The biological performance of cell-containing phospholipid polymer hydrogels in bulk and microscale form.

The biological performances of a cell-containing phospholipid polymer hydrogel in bulk and miniaturized formats without an additional culture medium support were investigated and compared. The cell-containing hydrogel was formed spontaneously when solutions of commercial polyvinyl alcohol (PVA) and the phospholipid polymer poly[2-methacryloyloxyethyl phosphorylcholine (MPC)-co-n-butyl methacrylate (BMA)-co-p-vinylphenylboronic acid (VPBA)] (PMBV) suspended with cells in a cell culture medium are mixed together. Bulk and miniaturized hydrogels, with approximate thicknesses of 3.1 mm and 400 μm, respectively, were prepared in a 96-well microplate and a glass microchip, respectively. In both cases, the hydrogels were homogeneous, and cells were spatially encapsulated. The long-term observation (4 and 8 days) of cell morphology suggested that cells were passively attached to the interface of the hydrogel but were unable to spread and flatten, which inhibited cell growth in both hydrogels. Viability evaluations revealed that cells in both hydrogel formats maintained the same high viability levels after long-term encapsulation. Cytotoxicity assays indicated that the cells in the miniaturized hydrogel maintained a high degree of correlation in cytotoxic sensitivity with the cells in the bulk hydrogel and a routine medium culture.

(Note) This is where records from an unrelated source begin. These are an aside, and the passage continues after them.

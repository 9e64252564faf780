//! Values of a column, and kept values, that enter kept values one by one.
ghost use Rattle.std.specs.Prelude.{◌≡◌, ◌<◌, ◌≤◌, ◌-◌, ◌^◌, List, length, true, vec_capacity, IsOk, OnOk, OnErr};
ghost use Rattle.std.specs.List.{All, AllZip};
ghost use Rattle.col_core.specs.declared.data_type.DataType.{DataType};
ghost use Rattle.reduce_states.specs.States.{State, start};
ghost use Rattle.reduce_states.specs.Moves.{cut_or_filled, numbered};
ghost use Rattle.reduce_states.specs.Reductions.{Enters, EntersFront, OnesOf, Gathered, Stays, entered_at};
ghost use Rattle.group_reduce.specs.Reducing.{AllFit, of_kind};

use crate::reducer::Reducer;
use col_core::{DataType, IdxSize, Series};
use std::alloc::AllocError;

/// Value `i` enters kept value `group_idxs[i]`. After `Err` a front part has entered.
pub(crate) fn enter_values<R: Reducer>(
    reducer: R,
    kept: &mut Vec<R::Value>,
    values: &Series,
    group_idxs: &[IdxSize],
    seq_id: u64,
) -> Result<(), AllocError>
    requires served { R.serves values.now.dtype ≡ true }
    requires lengths { length values.now.values ≡ length group_idxs.now }
    requires places { All (λ g. g < length kept.old.items) group_idxs.now }
    requires number { seq_id < 2 ^ 64 - 1 }
    requires fit { AllFit R.fits values.now.dtype kept.old.items }
    ensures long { length kept.new.items ≡ length kept.old.items }
    ensures fit { AllFit R.fits values.now.dtype kept.new.items }
    ensures ok { OnOk result ((t : DataType) → Enters (of_kind R.kind t) (AllZip R.stands kept.old.items)
        (OnesOf (of_kind R.kind t) seq_id values.now.values) (AllZip R.stands kept.new.items) group_idxs.now) }
    ensures err { OnErr result ((t : DataType) → EntersFront (of_kind R.kind t) (AllZip R.stands kept.old.items)
        (OnesOf (of_kind R.kind t) seq_id values.now.values) (AllZip R.stands kept.new.items) group_idxs.now) }
    ensures fixed { R.FIXED ≡ true → IsOk result }
{
    for (i, g) in group_idxs.iter().enumerate() {
        reducer.reduce_at(&mut kept[*g as usize], values, i, seq_id + 1)?;
    }
    Ok(())
}

/// All values, in order, enter one kept value. After `Err` it is as it was.
pub(crate) fn enter_group<R: Reducer>(
    reducer: R,
    kept: &mut Vec<R::Value>,
    values: &Series,
    group_idx: IdxSize,
    seq_id: u64,
) -> Result<(), AllocError>
    requires served { R.serves values.now.dtype ≡ true }
    requires place { group_idx < length kept.old.items }
    requires number { seq_id < 2 ^ 64 - 1 }
    requires fit { AllFit R.fits values.now.dtype kept.old.items }
    ensures long { length kept.new.items ≡ length kept.old.items }
    ensures fit { AllFit R.fits values.now.dtype kept.new.items }
    ensures ok { OnOk result ((t : DataType) (xs : List State) → AllZip R.stands kept.old.items xs
        → AllZip R.stands kept.new.items (entered_at (of_kind R.kind t) xs group_idx (numbered seq_id values.now.values))) }
    ensures err { OnErr result (Stays (AllZip R.stands kept.old.items) (AllZip R.stands kept.new.items)) }
    ensures fixed { R.FIXED ≡ true → IsOk result }
{
    reducer.reduce_ca(&mut kept[group_idx as usize], values, seq_id + 1)
}

/// Kept value `i` of others enters kept value `group_idxs[i]`. After `Err` a front part has entered.
pub(crate) fn merge_values<R: Reducer>(
    reducer: R,
    kept: &mut Vec<R::Value>,
    others: &[R::Value],
    dtype: DataType,
    group_idxs: &[IdxSize],
) -> Result<(), AllocError>
    requires lengths { length others.now ≡ length group_idxs.now }
    requires places { All (λ g. g < length kept.old.items) group_idxs.now }
    requires fit { AllFit R.fits dtype kept.old.items }
    requires others_fit { AllFit R.fits dtype others.now }
    ensures long { length kept.new.items ≡ length kept.old.items }
    ensures fit { AllFit R.fits dtype kept.new.items }
    ensures ok { OnOk result (Enters (of_kind R.kind dtype) (AllZip R.stands kept.old.items) (AllZip R.stands others.now) (AllZip R.stands kept.new.items) group_idxs.now) }
    ensures err { OnErr result (EntersFront (of_kind R.kind dtype) (AllZip R.stands kept.old.items) (AllZip R.stands others.now) (AllZip R.stands kept.new.items) group_idxs.now) }
    ensures fixed { R.FIXED ≡ true → IsOk result }
{
    for (i, g) in group_idxs.iter().enumerate() {
        reducer.combine(&mut kept[*g as usize], &others[i])?;
    }
    Ok(())
}

/// Kept value `subset[i]` of others enters kept value `group_idxs[i]`. After `Err` a front part has
/// entered.
pub(crate) fn gather_values<R: Reducer>(
    reducer: R,
    kept: &mut Vec<R::Value>,
    others: &[R::Value],
    dtype: DataType,
    subset: &[IdxSize],
    group_idxs: &[IdxSize],
) -> Result<(), AllocError>
    requires lengths { length subset.now ≡ length group_idxs.now }
    requires from { All (λ g. g < length others.now) subset.now }
    requires places { All (λ g. g < length kept.old.items) group_idxs.now }
    requires fit { AllFit R.fits dtype kept.old.items }
    requires others_fit { AllFit R.fits dtype others.now }
    ensures long { length kept.new.items ≡ length kept.old.items }
    ensures fit { AllFit R.fits dtype kept.new.items }
    ensures ok { OnOk result (Enters (of_kind R.kind dtype) (AllZip R.stands kept.old.items)
        (Gathered (of_kind R.kind dtype) (AllZip R.stands others.now) subset.now) (AllZip R.stands kept.new.items) group_idxs.now) }
    ensures err { OnErr result (EntersFront (of_kind R.kind dtype) (AllZip R.stands kept.old.items)
        (Gathered (of_kind R.kind dtype) (AllZip R.stands others.now) subset.now) (AllZip R.stands kept.new.items) group_idxs.now) }
    ensures fixed { R.FIXED ≡ true → IsOk result }
{
    for (i, g) in group_idxs.iter().enumerate() {
        reducer.combine(&mut kept[*g as usize], &others[subset[i] as usize])?;
    }
    Ok(())
}

/// Cuts kept values off, or adds values that stand for the state of nothing.
pub(crate) fn resize_values<R: Reducer>(
    reducer: R,
    kept: &mut Vec<R::Value>,
    num_groups: IdxSize,
) -> Result<(), AllocError>
    ensures long { OnOk result (length kept.new.items ≡ num_groups) }
    ensures small { length kept.old.items < 2 ^ 32 → length kept.new.items < 2 ^ 32 }
    ensures fit { (t : DataType) → AllFit R.fits t kept.old.items → AllFit R.fits t kept.new.items }
    ensures ok { OnOk result ((t : DataType) (xs : List State) → AllZip R.stands kept.old.items xs
        → AllZip R.stands kept.new.items (cut_or_filled (start R.kind t) xs num_groups)) }
    ensures err { OnErr result (kept.new.items ≡ kept.old.items) }
{
    let held = kept.len();
    let wanted = num_groups as usize;
    if wanted <= held {
        kept.truncate(wanted);
        return Ok(());
    }
    kept.reserve(wanted - held)?;
    fill_values(reducer, kept, num_groups);
    Ok(())
}

/// Adds values that stand for the state of nothing until there are so many, for which there is room.
pub(crate) fn fill_values<R: Reducer>(reducer: R, kept: &mut Vec<R::Value>, num_groups: IdxSize)
    requires fewer { length kept.old.items ≤ num_groups }
    requires room { num_groups ≤ vec_capacity kept.old }
    ensures long { length kept.new.items ≡ num_groups }
    ensures fit { (t : DataType) → AllFit R.fits t kept.old.items → AllFit R.fits t kept.new.items }
    ensures ok { (t : DataType) (xs : List State) → AllZip R.stands kept.old.items xs
        → AllZip R.stands kept.new.items (cut_or_filled (start R.kind t) xs num_groups) }
{
    let held = kept.len();
    let wanted = num_groups as usize;
    for _i in held..wanted {
        kept.push_reserved(reducer.init());
    }
}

The PMBV/PVA hydrogel not only provides a beneficial cytocompatible microenvironment for long-term cell survival without an additional culture medium support but also creates a static condition for cell sustainment in a microchip similar to that in bulk. The uniform long-term performances of PMBV/PVA hydrogels in bulk and miniaturized formats make them ideal for the development of long-term, flexible, three-dimensional, living cell-based tools for routine cell-based assays and applications on bulk to microscale levels.